Until data become available on the relationship between testosterone threshold limits, symptoms and treatment outcomes, any studies reporting the epidemiological indicators of TDS are likely to be flawed, particularly in older men. Perhaps because of this, there are few data on the prevalence of TDS and only one on its incidence. Evidence suggests that the prevalence of classical forms of TDS is around 1 in 200 adult males [28]. This has been calculated from the prevalence of Klinefelter’s syndrome (1.5–2.5 per 1,000 male births [29]), which has been estimated to account for 35–50% of hypogonadal men requiring treatment [28]. No other data exist on the epidemiological factors of classical TDS or on the incidence of its causal factors. The only other study that sheds some light on prevalence in this younger age group was the Baltimore Longitudinal Study of Aging (BLSA). Using a definition of TDS of total testosterone level of <325 ng/dL, the study estimated around 12% of men younger than the age of 50 years were hypogonadal [23]. This figure may overestimate the true prevalence of TDS in clinical practice, where the signs and symptoms of the disorder are used in additional to the measurement of serum testosterone to make a diagnosis, as suggested in recent guidelines [1,2]. Of the 12% of men identified in the BLSA study as having TDS, it is not possible to estimate how many would exhibit no signs and symptoms. However, it is likely that only those with more severe TDS and hence those with more symptomatic disease would be diagnosed and subsequently treated in clinical practice [1,21]. Several studies have assessed the prevalence of TDS in older men. Evidence suggests that prevalence is high and increases with age. The BLSA estimated almost 50% of men in their 80s have TDS. The Massachusetts Male Aging Study used both clinical markers and biochemical markers to define TDS and reported a prevalence of 12% at follow-up and an incidence of 12.3 per personyears [30]. Finally, the Hypogonadism in Males study, using a threshold level of <300 ng/dL, estimated a prevalence of 38.7% in men aged 45 years or older [31]. The wide range in estimates reflects the difficulty in defining TDS in a broad population, the lack of definitive threshold limits and the lack of consensus on the signs and symptoms that are suggestive of TDS rather than those accounted for by comorbid disease.

Economic Impact

Despite the importance of resource in an everincreasing cost-conscious healthcare system and despite the burgeoning interest in the field of TDS [17], no studies have specifically addressed the economic burden TDS poses to society. This may, in part, be due to the uncertainty surrounding the impact TDS and subsequent treatment have on those symptoms, which carries economic consequences. TDS can lead to considerable morbidity and recent evidence suggests it may also lead to premature mortality [6]. The consequences that may be important in an economic context include depression, sexual dysfunction, mild cognitive impairment, osteoporosis, cardiovascular disease and, of course, mortality (Table 1). However, most of these implications are not clearly understood and require further evidence not only to define the link between TDS and specific morbidities, but also to ascertain the effectiveness of testosterone treatment on such symptoms. The clinical evidence and potential economic burden for each relevant consequence of TDS are reviewed next.

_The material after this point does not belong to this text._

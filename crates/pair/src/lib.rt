// Two images as one.
#![tactic(auto)]

pub mod pair;

pub use pair::Pair;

Depression Depressed mood is a symptom often associated with TDS [1,2]; however, the relationship between low testosterone levels and the incidence of clinical depression is unclear. Studies in middle-aged and elderly men demonstrate mixed results, some showing an association between low testosterone levels and depression [32] and others finding no such relationship [33]. A recent U.S. study estimated a 2-year incidence of diagnosed depression of 21.7% for hypogonadal men and 7.1% for the control group (P = 0.01) [34]. The study also found that as the severity of TDS increased, so did the incidence of depression. Testosterone treatment has been shown to improve mood [35], but has not yet demonstrated clear benefits in terms of improving clinical depression in hypogonadal men [36]. Depressed mood has been associated with increased healthcare resource [37]; however, it is clinical depression which carries substantial economic cost due to the need for treatment, lost work days, and lost life-years due to premature death. Around 60–70% of all suicides in the general population are estimated to be related to depression [38,39]. Depression is the most costly brain disorder in Europe. In 2004, the total annual cost of depression was estimated to be €118 billion, 36% of which related to direct costs of care [40]. For each person with depression, direct costs of care were around €2,000 per year and indirect J Sex Med 2007;4:1056–1069

1060 Table 1

Maggi et al. Potential direct and indirect costs associated with untreated testosterone deficiency syndrome (TDS) Costs

Consequences

Evidence of association with TDS

Direct costs

Indirect costs

Depressed mood Depression

Good evidence Controversial

Low healthcare costs High healthcare costs

Sexual dysfunction

Good evidence for some aspects of sexual dysfunction

Mild cognitive impairment Dementia

Good evidence

Low healthcare costs High out-of-pocket costs for patients Low healthcare costs

Low/medium days lost from work High costs—days lost from work and lost life-years due to premature mortality Low

Highly controversial

High healthcare costs

Osteoporosis

Good evidence relating to osteoporosis but not yet to incidence of fractures

High healthcare costs

Cardiovascular disease

Recent preliminary evidence—remains controversial

High healthcare costs

Death

Recent preliminary evidence—remains controversial

Low

costs due to morbidity and mortality were estimated at €3,500 per year.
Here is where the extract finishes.